Thinking like a machine

Thinking like a machine

Since the beginning of the industrial revolution the human, especially the working human, has increasingly adapted to a coexistence with machines. The human has become a prosthesis for the non-organic body of the industrial factory. During early adaptation this occurred mainly on the material body, the hardware of humanity. Simple repetitive movements on the assembly line became the tasks of the workers to fulfill those duties the machine could not.The promise was that humans of the future will not have to work, machines will lighten the load. However, the importance of ones identity being tied to her/his occupation became increasingly socially relevant. With the invention of the computer, machines have moved away from hardware towards software; machines began to acquire a brain.

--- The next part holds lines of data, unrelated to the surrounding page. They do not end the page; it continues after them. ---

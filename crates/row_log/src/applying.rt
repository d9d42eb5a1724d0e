// What applying a batch answers.
ghost use Rattle.std.specs.Prelude.{◌≡◌, ◌<◌, ◌+◌, ◌^◌};
ghost use Rattle.row_log.specs.Halting.{answer_at};

use rel_base::Why;

/// What applying a batch answers.
#[derive(Clone, Copy, Debug, PartialEq, Eq)]
pub enum Applying {
    /// All operations were applied.
    Applied {
        /// How many operations brought a row: inserts and updates.
        inserted: u32,
        /// How many operations ended a row: deletes and updates.
        deleted: u32,
    },
    /// An operation fails, and nothing changed.
    Refused {
        /// The first operation that fails, counted from 1.
        at: u64,
        /// `Missing` where its row is not live, and else `Rows` where no number is left for its new row.
        why: Why,
    },
    /// Memory ran out, and nothing changed.
    NoMemory,
}

// Why an operation was not applied.
#[derive(Clone, Copy)]
pub enum Halt {
    // It fails.
    Failed(Why),
    // Memory ran out.
    Starved,
}

impl Halt {
    // The answer to a batch whose operation at this place, counted from 0, was not applied.
    pub fn at(self, place: usize) -> Applying
        requires { place + 1 < 2 ^ 64 }
        ensures { result ≡ answer_at self place }
    {
        match self {
            Halt::Failed(why) => Applying::Refused {
                at: place as u64 + 1,
                why,
            },
            Halt::Starved => Applying::NoMemory,
        }
    }
}
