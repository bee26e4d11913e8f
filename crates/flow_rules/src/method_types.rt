//! The types of a method's arguments, locals and result.

use crate::type_tree::TypeTree;
use resolved_code::types::ResolvedType;

/// What the flow rule requires of a method: the types of its program, those of its arguments and locals, and the type that it returns;
/// none is `void`.
pub struct MethodTypes<'a> {
    pub types: &'a TypeTree<'a>,
    pub arguments: &'a [ResolvedType],
    pub locals: &'a [ResolvedType],
    pub return_type: Option<ResolvedType>,
}
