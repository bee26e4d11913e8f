//! Operands that have to fit a type, and the arguments and locals of a method (ECMA-335 III.3).

ghost use Rattle.std.specs.Prelude.{◌≡◌, ◌∷◌, [], Some, option_map};
ghost use Rattle.cil_model.specs.Bodies.{at_index};
ghost use Rattle.cil_model.specs.FlowRules.{take_operands, take_returned, load, store, give};
ghost use Rattle.cil_model.specs.TypeTree.{fits};
ghost use Rattle.cil_model.specs.declared.instructions.Instruction.TheVariants as Named;
ghost use Rattle.flow_rules.specs.Flow.{IsAfter, flow_of};
ghost use Rattle.flow_rules.specs.StackTypes.{stack_type, stack_types, type_named, types_named};

use crate::entries::{StackEntry, is_reference};
use crate::method_types::MethodTypes;
use crate::mismatches::{FlowError, Mismatch};
use crate::operators::put;
use crate::type_stack::TypeStack;
use crate::type_tree::TypeTree;
use resolved_code::types::ResolvedType;

/// Whether an entry may be given where a type is expected (ECMA-335 III.1.8.1.2.3).
fn fits(types: &TypeTree, entry: StackEntry, required: ResolvedType) -> bool
    ensures { result ≡ fits types.now (stack_type types.now entry) (type_named types.now required) }
{
    match entry {
        StackEntry::Declared(t) => types.is_assignable(t, required),
        StackEntry::Null => is_reference(required),
        StackEntry::NativeInt => false,
    }
}

/// Takes an operand that fits the type.
pub fn take_fitting(
    types: &TypeTree,
    required: ResolvedType,
    stack: &mut TypeStack,
) -> Result<(), FlowError>
    ensures { IsAfter types.now result stack.new (take_operands types.now (type_named types.now required ∷ []) (stack_types types.now stack.old)) }
{
    let given = stack.take_one()?;
    if !fits(types, given, required) {
        return Err(FlowError::Mismatch(Mismatch::NotAssignable(given, required)));
    }
    Ok(())
}

/// Takes operands that fit the types, the last of them topmost.
pub fn take_operands(
    types: &TypeTree,
    required: &[ResolvedType],
    stack: &mut TypeStack,
) -> Result<(), FlowError>
    ensures { IsAfter types.now result stack.new (take_operands types.now (types_named types.now required.now) (stack_types types.now stack.old)) }
{
    for index in (0..required.len()).rev() {
        take_fitting(types, required[index], stack)?;
    }
    Ok(())
}

/// The type at an index that the text gives.
fn at_index(types: &[ResolvedType], index: i64) -> Option<ResolvedType>
    ensures { result ≡ at_index types.now index }
{
    match usize::try_from(index) {
        Ok(index) => types.get(index).copied(),
        Err(_) => None,
    }
}

/// Pushes the type at an index, where there is one.
fn load(
    types: &TypeTree,
    at: &[ResolvedType],
    index: i64,
    stack: &mut TypeStack,
) -> Result<(), FlowError>
    ensures { IsAfter types.now result stack.new (load (at_index (types_named types.now at.now) index) (stack_types types.now stack.old)) }
{
    match at_index(at, index) {
        None => Err(FlowError::Mismatch(Mismatch::NoSuchVariable(index))),
        Some(t) => put(StackEntry::Declared(t), stack),
    }
}

/// Takes what fits the type at an index, where there is one.
fn store(
    types: &TypeTree,
    at: &[ResolvedType],
    index: i64,
    stack: &mut TypeStack,
) -> Result<(), FlowError>
    ensures { IsAfter types.now result stack.new (store types.now (at_index (types_named types.now at.now) index) (stack_types types.now stack.old)) }
{
    match at_index(at, index) {
        None => Err(FlowError::Mismatch(Mismatch::NoSuchVariable(index))),
        Some(t) => take_fitting(types, t, stack),
    }
}

/// `ldarg`
pub fn load_argument(
    method: &MethodTypes,
    index: i64,
    stack: &mut TypeStack,
) -> Result<(), FlowError>
    ensures { IsAfter method.now.types.now result stack.new (flow_of method.now (Named.LoadArgument index) stack.old) }
{
    load(method.types, method.arguments, index, stack)
}

/// `starg`
pub fn store_argument(
    method: &MethodTypes,
    index: i64,
    stack: &mut TypeStack,
) -> Result<(), FlowError>
    ensures { IsAfter method.now.types.now result stack.new (flow_of method.now (Named.StoreArgument index) stack.old) }
{
    store(method.types, method.arguments, index, stack)
}

/// `ldloc`
pub fn load_local(method: &MethodTypes, index: i64, stack: &mut TypeStack) -> Result<(), FlowError>
    ensures { IsAfter method.now.types.now result stack.new (flow_of method.now (Named.LoadLocal index) stack.old) }
{
    load(method.types, method.locals, index, stack)
}

/// `stloc`
pub fn store_local(method: &MethodTypes, index: i64, stack: &mut TypeStack) -> Result<(), FlowError>
    ensures { IsAfter method.now.types.now result stack.new (flow_of method.now (Named.StoreLocal index) stack.old) }
{
    store(method.types, method.locals, index, stack)
}

/// Puts the type that a method returns, if any.
pub fn give(
    types: &TypeTree,
    return_type: Option<ResolvedType>,
    stack: &mut TypeStack,
) -> Result<(), FlowError>
    ensures { IsAfter types.now result stack.new (Some (give (option_map (type_named types.now) return_type) (stack_types types.now stack.old))) }
{
    match return_type {
        None => Ok(()),
        Some(t) => put(StackEntry::Declared(t), stack),
    }
}

/// Takes the type that a method returns, if any.
fn take_returned(
    types: &TypeTree,
    return_type: Option<ResolvedType>,
    stack: &mut TypeStack,
) -> Result<(), FlowError>
    ensures { IsAfter types.now result stack.new (take_returned types.now (option_map (type_named types.now) return_type) (stack_types types.now stack.old)) }
{
    match return_type {
        None => Ok(()),
        Some(t) => take_fitting(types, t, stack),
    }
}

/// `ret`: nothing may lie below what is returned (ECMA-335 III.3.57).
pub fn return_value(method: &MethodTypes, stack: &mut TypeStack) -> Result<(), FlowError>
    ensures { IsAfter method.now.types.now result stack.new (flow_of method.now Named.Return stack.old) }
{
    take_returned(method.types, method.return_type, stack)?;
    match stack.take() {
        None => Ok(()),
        Some(left) => Err(FlowError::Mismatch(Mismatch::LeftOnStack(left))),
    }
}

In this new epoch, is it possible that human are still a prostheses of the machine? Now not only attached to the body but also an amendment to its thinking? It can seem that with the wish of creating machines that think like humans, we have also created humans that think like machines. More and more a human defines itself by the work it does, no-matter how unnecessary or meaningless this activity is. It is often the case today that there is no need for working humans, as artificially intelligent systems can control and realize the whole cycle of industrial production. What do we do now that the human is redundant? The July 20th workshop on Wednesday will allow participants to create a robot from scratch. These robots will act together to become a amalgamated body, which will enact a performance during the opening reception. The reception and exhibition will feature the robots made during the workshop.